The drama continues in Mozart’s Piano Concerto No 20, famously one of his most powerful and personal keyboard concertos, one whose turbulence and overt emotion seem to look directly ahead towards Beethoven. Indeed, Beethoven himself was particularly fond of the work, performing it on several occasions and writing his own cadenzas for it. You could be forgiven for arguing he doffed his cap to it in his own Third Piano Concerto. Mozart wrote his Piano Concerto No 20 during the height of his popularity in Vienna, when the city’s public seemed to adore anything he placed before them, especially if it showcased the great pianist/composer’s prodigious keyboard abilities. He wrote no fewer than 12 twelve piano concertos in Vienna between 1784 and 1786 (Nos 14 to 25), but No 20 stands out from the others.
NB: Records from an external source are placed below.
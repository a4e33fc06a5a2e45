//! How far a run is asked for.

ghost use Rattle.std.specs.Prelude.{◌≡◌, OnOk, None, true, false};
ghost use Rattle.gw_step.specs.Job.{IsReached, Step};
ghost use Rattle.gw_answers.specs.Running.{AreStillAt, IsOver, IsStillAt};

use crate::BUDGET;
use gw_object::Memory;
use gw_scan::{Sim, Status};

/// A time of the clock, in clock units.
#[derive(Clone, Copy, PartialEq, Eq)]
pub struct Time(pub i64);

/// Whether a named end stands, or the clock is past a time.
pub fn is_over(time: Time, sim: &Sim) -> bool
    ensures over { result ≡ true → IsOver time.0 sim.now.state }
    ensures not_yet { result ≡ false → IsStillAt time.0 sim.now.state }
    ensures reached { IsReached sim.now }
{
    match sim.status() {
        Status::Running => time.0 < sim.clock(),
        Status::Ended(_) => true,
    }
}

/// Makes the next step of a run that goes on.
fn step_on(sim: &mut Sim) -> Result<(), Memory>
    requires { sim.old.state.ended ≡ None }
    ensures made { OnOk result (Step sim.old.job sim.old.state sim.new.state) }
    ensures job { sim.new.job ≡ sim.old.job }
    ensures reached { IsReached sim.new }
{
    sim.step()?;
    Ok(())
}

/// Makes steps until a named end stands or the clock is past a time, in a job with the budget of a run.
pub fn run_past(time: Time, sim: &mut Sim) -> Result<(), Memory>
    requires { sim.old.job.budget ≡ BUDGET }
    ensures job { sim.new.job ≡ sim.old.job }
    ensures over { OnOk result (IsOver time.0 sim.new.state) }
    ensures still { OnOk result
        (AreStillAt sim.old.job time.0 sim.old.state.steps sim.new.state.steps) }
    ensures reached { OnOk result (IsReached sim.new) }
{
    for _ in 0..BUDGET {
        if is_over(time, sim) {
            return Ok(());
        }
        step_on(sim)?;
    }
    Ok(())
}
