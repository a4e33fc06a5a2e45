//! The codes of refusals that a job's making, workers and a service's calls answer. docs/refusals.md lists all codes.

/// More than 16 seeds are given, or one above the greatest.
pub const SEED: u16 = 50;

/// The termination count that is given is above 2^40.
pub const COUNT: u16 = 51;

/// The budget of steps is 0 or above 2^40.
pub const BUDGET: u16 = 52;

/// Memory ran out when a job was made or started.
pub const JOB_MEMORY: u16 = 53;

/// There is no worker, or there are more than 16.
pub const WORKERS: u16 = 55;

/// A slice has no step, or more than 2^20.
pub const SLICE: u16 = 56;

/// No thread could be made for any worker.
pub const SPAWN: u16 = 57;

/// 16 jobs of the user run.
pub const USER_FULL: u16 = 60;

/// The service has had 1,024 jobs.
pub const SERVICE_FULL: u16 = 61;

/// The journal has no place for what a call needs.
pub const JOURNAL_FULL: u16 = 62;

/// Memory ran out in a call of the service, or before a worker was started.
pub const SERVICE_MEMORY: u16 = 63;

/// There is no such slot, or it is another user's.
pub const NOT_YOURS: u16 = 64;

/// The job hasn't ended.
pub const NOT_ENDED: u16 = 65;

/// The job was cancelled.
pub const CANCELLED: u16 = 66;

/// The pass has another job than the slot.
pub const STRANGER: u16 = 67;

/// The job has ended, and so can't be cancelled.
pub const ALREADY_ENDED: u16 = 68;

/// A number that is to be put into a model has no place there, or too many points were asked for.
pub const PARAMETER: u16 = 83;

/// A line isn't a row of the study that the rows before are of, or all rows aren't those of a study.
pub const ROW: u16 = 84;

/// A comment line of a model that begins with `*!` asks for no experiment, or none says how many runs there are.
pub const EXPERIMENT: u16 = 85;
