//! A slope on a parameter that isn't known to be a number, in words.

use crate::known::{Flow, put_at_block, put_parameter_of};
use gw_object::{Memory, Place};
use gw_rules::slope_at;
use gw_writing::{put, put_number};

/// How the weight of a block grows, if it does.
fn put_slope_of(out: &mut Vec<u8>, flow: Flow<'_>, number: u16) -> Result<(), Memory> {
    match slope_at(flow.parts.slopes.as_slice(), number) {
        Some((parameter, per)) => {
            put_number(out, "known: the weight of block ", number)?;
            put_number(out, " grows by ", per)?;
            put(out, " for each 1 of ")?;
            put_parameter_of(out, flow.names, parameter)?;
            put(out, "\n")
        }
        None => Ok(()),
    }
}

/// What is known where a slope was refused at a place.
pub(crate) fn put_slope(out: &mut Vec<u8>, flow: Flow<'_>, place: Place) -> Result<(), Memory> {
    match place {
        Place::Block(number) => {
            put_slope_of(out, flow, number)?;
            put_at_block(out, flow, number)
        }
        _ => Ok(()),
    }
}
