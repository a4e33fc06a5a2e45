//! The refusal of what a command is asked for, with its reason.

ghost use Rattle.std.specs.Prelude.{◌≡◌, IfOk};
ghost use Rattle.gw_answers.specs.Reasons as model;
ghost use Rattle.gw_answers.specs.Refusal.{refusal_text};

use crate::refusal::Refusal;
use crate::service::without_place;
use gw_object::Memory;
use gw_writing::put;
use std::alloc::Global;

/// A refusal, as it is printed.
fn text_of(alloc: Global, refusal: Refusal) -> Result<Vec<u8>, Memory>
    ensures { IfOk result (λ text. text.items ≡ refusal_text refusal.0) }
{
    let text = format!(in alloc; "{refusal}")?;
    Vec::from_slice(alloc, text.as_bytes())
}

/// A code and its name, what is refused, and why, on a line of its own: as `refused 83 Parameter at NURSES`, and `wrong: ` and the
/// reason below.
#[tactic(auto, unfolding(crate::specs::Reasons::refusal_with_reason))]
pub fn refusal_with_reason(
    alloc: Global,
    code: u16,
    subject: &[u8],
    reason: &[u8],
) -> Result<Vec<u8>, Memory>
    ensures { IfOk result (λ text. text.items ≡ model.refusal_with_reason code subject.now reason.now) }
{
    let mut text = text_of(alloc, without_place(code))?;
    put(&mut text, " at ")?;
    text.extend_from_slice(subject)?;
    put(&mut text, "\nwrong: ")?;
    text.extend_from_slice(reason)?;
    put(&mut text, "\n")?;
    Ok(text)
}
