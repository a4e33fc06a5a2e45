//! Refusals of a service.

ghost use Rattle.std.specs.Prelude.{◌≡◌};
ghost use Rattle.gw_answers.specs.Service.{nowhere, job_refusal};

use crate::codes;
use crate::refusal::Refusal;
use gw_object::codes::MEMORY;
use gw_object::{Fault, Place};
use gw_service::JobFault;

/// A refusal without a place.
pub fn without_place(code: u16) -> Refusal
    ensures { result.0 ≡ nowhere code }
{
    Refusal(Fault {
        code,
        place: Place::Nowhere,
    })
}

/// A refusal by the service, in which want of memory has the code that it has everywhere.
pub fn refusal_of_job(fault: JobFault) -> Refusal
    ensures { result.0 ≡ job_refusal fault }
{
    match fault {
        JobFault::UserFull => without_place(codes::USER_FULL),
        JobFault::ServiceFull => without_place(codes::SERVICE_FULL),
        JobFault::JournalFull => without_place(codes::JOURNAL_FULL),
        JobFault::Memory => without_place(MEMORY),
        JobFault::NotYours => without_place(codes::NOT_YOURS),
        JobFault::NotEnded => without_place(codes::NOT_ENDED),
        JobFault::Cancelled => without_place(codes::CANCELLED),
        JobFault::Stranger => without_place(codes::STRANGER),
        JobFault::AlreadyEnded => without_place(codes::ALREADY_ENDED),
    }
}
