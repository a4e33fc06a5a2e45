//! The statuses with which the program ends.

/// An accepted job came to a named end.
pub const ENDED: u8 = 0;

/// The object or the job was refused.
pub const REFUSED: u8 = 1;

/// The words are not those of a command.
pub const WRONG_WORDS: u8 = 2;

/// A read or a write failed.
pub const FAILED: u8 = 3;

/// Memory ran out.
pub const NO_MEMORY: u8 = 4;
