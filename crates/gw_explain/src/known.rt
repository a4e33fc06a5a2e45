//! What is known of a transaction, in words, where a model or an object is refused by flow (docs/object-format.md).

use gw_object::{
    Block, Entity, Fault, Kind, Memory, Parts, Place, Split, TableKind, TableParameter, TableState,
    Units,
};
use gw_rules::chain_row;
use gw_rules::flow_codes::CHAIN_STATE;
use gw_writing::{put, put_number};
use indexmap::IndexMap;
use std::alloc::Global;

/// What an object has, and what is known of its transactions.
#[derive(Clone, Copy)]
pub(crate) struct Flow<'a> {
    /// The entities and the blocks, and the state table.
    pub(crate) parts: &'a Parts,
    /// The parameters that have names.
    pub(crate) names: &'a IndexMap<String, u8>,
}

/// The name of an entity, by its number.
pub(crate) fn put_name(out: &mut Vec<u8>, entities: &[Entity], number: u16) -> Result<(), Memory> {
    match entities.get(number as usize) {
        Some(entity) => out.extend_from_slice(entity.name.as_slice()),
        None => Ok(()),
    }
}

/// What stands before one of several: nothing before the first.
fn put_comma(out: &mut Vec<u8>, place: usize) -> Result<(), Memory> {
    if place == 0 { Ok(()) } else { put(out, ", ") }
}

/// Which facilities are owned.
fn put_facilities(
    out: &mut Vec<u8>,
    entities: &[Entity],
    facilities: &[u16],
) -> Result<(), Memory> {
    if facilities.is_empty() {
        return put(out, "owns no facility");
    }
    put(
        out,
        if facilities.len() == 1 {
            "owns facility "
        } else {
            "owns facilities "
        },
    )?;
    for i in 0..facilities.len() {
        put_comma(out, i)?;
        put_name(out, entities, facilities[i])?;
    }
    Ok(())
}

/// The name of a parameter, if it has one.
pub(crate) fn name_of(names: &IndexMap<String, u8>, number: u8) -> Option<&String> {
    for (name, named) in names.iter() {
        if *named == number {
            return Some(name);
        }
    }
    None
}

/// The parameter of a number, as a text speaks of its value.
pub(crate) fn put_parameter_of(
    out: &mut Vec<u8>,
    names: &IndexMap<String, u8>,
    number: u8,
) -> Result<(), Memory> {
    match name_of(names, number) {
        Some(name) => {
            put(out, "P$")?;
            put(out, name)
        }
        None => put_number(out, "P", number),
    }
}

/// A parameter, and whether it is where a subroutine goes back to.
fn put_parameter(
    out: &mut Vec<u8>,
    names: &IndexMap<String, u8>,
    parameter: &TableParameter,
) -> Result<(), Memory> {
    put_parameter_of(out, names, parameter.number)?;
    match parameter.kind {
        TableKind::Num => Ok(()),
        TableKind::Ret(_) => put(out, " (where a subroutine goes back to)"),
    }
}

/// Which parameters are sure to be set.
fn put_parameters(
    out: &mut Vec<u8>,
    names: &IndexMap<String, u8>,
    parameters: &[TableParameter],
) -> Result<(), Memory> {
    if parameters.is_empty() {
        return put(out, "has no parameter");
    }
    put(out, "has ")?;
    for i in 0..parameters.len() {
        put_comma(out, i)?;
        put_parameter(out, names, &parameters[i])?;
    }
    Ok(())
}

/// Of which kind an entity is whose units are held, by its number.
fn put_kind(out: &mut Vec<u8>, entities: &[Entity], number: u16) -> Result<(), Memory> {
    match entities.get(number as usize).map(|entity| &entity.kind) {
        Some(Kind::Storage(_)) => put(out, "storage "),
        Some(Kind::Queue) => put(out, "queue "),
        _ => Ok(()),
    }
}

/// Which units are sure to be held.
fn put_units(out: &mut Vec<u8>, entities: &[Entity], units: &[Units]) -> Result<(), Memory> {
    if units.is_empty() {
        return put(out, "holds no units");
    }
    put(out, "holds at least ")?;
    for i in 0..units.len() {
        put_comma(out, i)?;
        put_number(out, "", units[i].number)?;
        put(out, " of ")?;
        put_kind(out, entities, units[i].entity)?;
        put_name(out, entities, units[i].entity)?;
    }
    Ok(())
}

/// A row of the state table.
fn put_row(out: &mut Vec<u8>, flow: Flow<'_>, row: &TableState) -> Result<(), Memory> {
    let entities = flow.parts.entities.as_slice();
    put_facilities(out, entities, row.facilities.as_slice())?;
    put(out, "; ")?;
    put_parameters(out, flow.names, row.parameters.as_slice())?;
    put(out, "; ")?;
    put_units(out, entities, row.units.as_slice())?;
    put(out, "\n")
}

/// The row of a block, by its number from 1.
fn row_of(rows: &[Option<TableState>], block: u16) -> Option<&TableState> {
    if block == 0 {
        return None;
    }
    match rows.get(block as usize - 1) {
        Some(Some(row)) => Some(row),
        Some(None) | None => None,
    }
}

/// A block, by its number from 1.
pub(crate) fn block_of(blocks: &[Block], number: u16) -> Option<&Block> {
    if number == 0 {
        None
    } else {
        blocks.get(number as usize - 1)
    }
}

/// What is known of a transaction that comes to a block.
pub(crate) fn put_at_block(out: &mut Vec<u8>, flow: Flow<'_>, number: u16) -> Result<(), Memory> {
    match row_of(flow.parts.states.as_slice(), number) {
        Some(row) => {
            put_number(out, "known: a transaction that comes to block ", number)?;
            put(out, " ")?;
            put_row(out, flow, row)
        }
        None => Ok(()),
    }
}

/// The facilities of these but one.
fn facilities_without(
    alloc: Global,
    facilities: &[u16],
    facility: u16,
) -> Result<Vec<u16>, Memory> {
    let mut left = Vec::new(alloc);
    for i in 0..facilities.len() {
        if facilities[i] != facility {
            left.push(facilities[i])?;
        }
    }
    Ok(left)
}

/// Whether who goes from the block of a number to another is a copy that a SPLIT makes there: it goes where copies go, or the
/// transaction itself may go to the next block with what it owns.
fn is_copy(split: &Split, from: u16, to: u16, may_go: bool) -> bool {
    let is_next = to as u32 == from as u32 + 1;
    if is_next {
        may_go
    } else {
        split.target == Some(to)
    }
}

/// The facilities of who has passed a block with these, and goes to another where these are known to be owned: a copy owns
/// nothing.
fn facilities_after(
    alloc: Global,
    block: &Block,
    facilities: &[u16],
    from: u16,
    to: u16,
    there: &[u16],
) -> Result<Vec<u16>, Memory> {
    match block {
        Block::Seize(facility) => {
            let mut all = Vec::from_slice(alloc, facilities)?;
            all.push(*facility)?;
            Ok(all)
        }
        Block::Release(facility) => facilities_without(alloc, facilities, *facility),
        Block::Split(split) if is_copy(split, from, to, facilities == there) => {
            Ok(Vec::new(alloc))
        }
        _ => Vec::from_slice(alloc, facilities),
    }
}

/// Which facilities who goes from a block to another owns, and which who comes there by another way.
fn put_ways(
    out: &mut Vec<u8>,
    flow: Flow<'_>,
    from: u16,
    to: u16,
    going: &[u16],
    there: &[u16],
) -> Result<(), Memory> {
    let entities = flow.parts.entities.as_slice();
    put_number(out, "known: a transaction that goes from block ", from)?;
    put_number(out, " to block ", to)?;
    put(out, " ")?;
    put_facilities(out, entities, going)?;
    put_number(out, "; one that comes to block ", to)?;
    put(out, " by another way ")?;
    put_facilities(out, entities, there)?;
    put(out, "\n")
}

/// What is known of members of a user chain, and of others.
fn put_members(
    out: &mut Vec<u8>,
    flow: Flow<'_>,
    chain: u16,
    members: &[u16],
    others: &str,
    there: &[u16],
) -> Result<(), Memory> {
    let entities = flow.parts.entities.as_slice();
    put(out, "known: a member of ")?;
    put_name(out, entities, chain)?;
    put(out, " ")?;
    put_facilities(out, entities, members)?;
    put(out, others)?;
    put_facilities(out, entities, there)?;
    put(out, "\n")
}

/// The facilities by a row, if there is one.
fn facilities_by(row: Option<&TableState>) -> &[u16] {
    match row {
        Some(row) => row.facilities.as_slice(),
        None => &[],
    }
}

/// What is known of who goes from a block to another, and of who comes there by another way.
fn put_on_edge(
    alloc: Global,
    out: &mut Vec<u8>,
    flow: Flow<'_>,
    from: u16,
    to: u16,
) -> Result<(), Memory> {
    let rows = flow.parts.states.as_slice();
    match block_of(flow.parts.blocks.as_slice(), from) {
        Some(block) => {
            let before = facilities_by(row_of(rows, from));
            let there = facilities_by(row_of(rows, to));
            let going = facilities_after(alloc, block, before, from, to, there)?;
            put_ways(out, flow, from, to, &going, there)
        }
        None => Ok(()),
    }
}

/// What is known of the members of a user chain, and of who joins them at a block, or comes another way to where they go.
fn put_at_chain(out: &mut Vec<u8>, flow: Flow<'_>, from: u16, to: u16) -> Result<(), Memory> {
    let there = facilities_by(row_of(flow.parts.states.as_slice(), to));
    match block_of(flow.parts.blocks.as_slice(), from) {
        Some(Block::Link(link)) => {
            let members = facilities_by(chain_row(flow.parts, link.chain));
            let others = "; a transaction that joins it here ";
            put_members(out, flow, link.chain, members, others, there)
        }
        Some(Block::Unlink(unlink)) => {
            let members = facilities_by(chain_row(flow.parts, unlink.chain));
            let others = "; a transaction that comes by another way to where they go ";
            put_members(out, flow, unlink.chain, members, others, there)
        }
        _ => Ok(()),
    }
}

/// What is known at the place of a fault of flow.
pub(crate) fn put_at(
    alloc: Global,
    out: &mut Vec<u8>,
    flow: Flow<'_>,
    fault: Fault,
) -> Result<(), Memory> {
    match fault.place {
        Place::Block(number) => put_at_block(out, flow, number),
        Place::Edge(from, to) if fault.code == CHAIN_STATE => put_at_chain(out, flow, from, to),
        Place::Edge(from, to) => put_on_edge(alloc, out, flow, from, to),
        _ => Ok(()),
    }
}
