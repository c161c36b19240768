// The header of a stream (EXI 5), read. What the functions ask and leave is in specs/Header.antt.
#![tactic(auto)]

ghost use Rattle.std.specs.Prelude.{◌≤◌, length, drop};
ghost use Rattle.spec_exi.specs.Settings.{header_of};
ghost use Rattle.spec_exi.specs.Sizes.{max_stream};
ghost use Rattle.settings.specs.Meant.{settings_from};
ghost use Rattle.read_header.specs.Header.{ReadOctetsPre, header_octets, Passes, view};

use refusal::Refusal;
use settings::Settings;

// Octets of the cookie, and of the header with it.
const COOKIE_SIZE: usize = 4;

const HEADER_SIZE: usize = COOKIE_SIZE + 1;

// The octets of the header (EXI 5): the cookie "$EXI", then bits 10, no options, version 1.
const OCTETS: [u32; HEADER_SIZE] = [36, 69, 88, 73, 128];

// The octets of the header from one on, and the position behind them.
fn read_octets(stream: &[u8], first: usize) -> Result<usize, Refusal>
    requires { ReadOctetsPre stream.now first }
    ensures { Passes (drop first header_octets) stream.now (view result) }
{
    let mut at: usize = 0;
    for &o in &OCTETS[first..] {
        let read = read_field::octet(stream, at)?;
        if read.value != o {
            return Err(Refusal::Header);
        }
        at = read.next;
    }
    Ok(at)
}

// The header, with the cookie if set, and the position behind it.
pub fn read_header(o: Settings, stream: &[u8]) -> Result<usize, Refusal>
    requires { length stream.now ≤ max_stream }
    ensures { Passes (header_of (settings_from o)) stream.now (view result) }
{
    if o.cookie {
        return read_octets(stream, 0);
    }
    read_octets(stream, COOKIE_SIZE)
}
It wouldn’t be unfair to say that – despite their immaculate craftsmanship, their unbridled joy, their thoughtfulness and vigour – in those other concertos Mozart was essentially trying to give the Viennese what they wanted. With its sombre mood and its unusual minor key (the same key as Don Giovanni, the Requiem and the Queen of the Night’s famous aria – D minor was clearly a portentous tonality for Mozart), the Piano Concerto No 20 sets out to break new ground, to challenge and provoke.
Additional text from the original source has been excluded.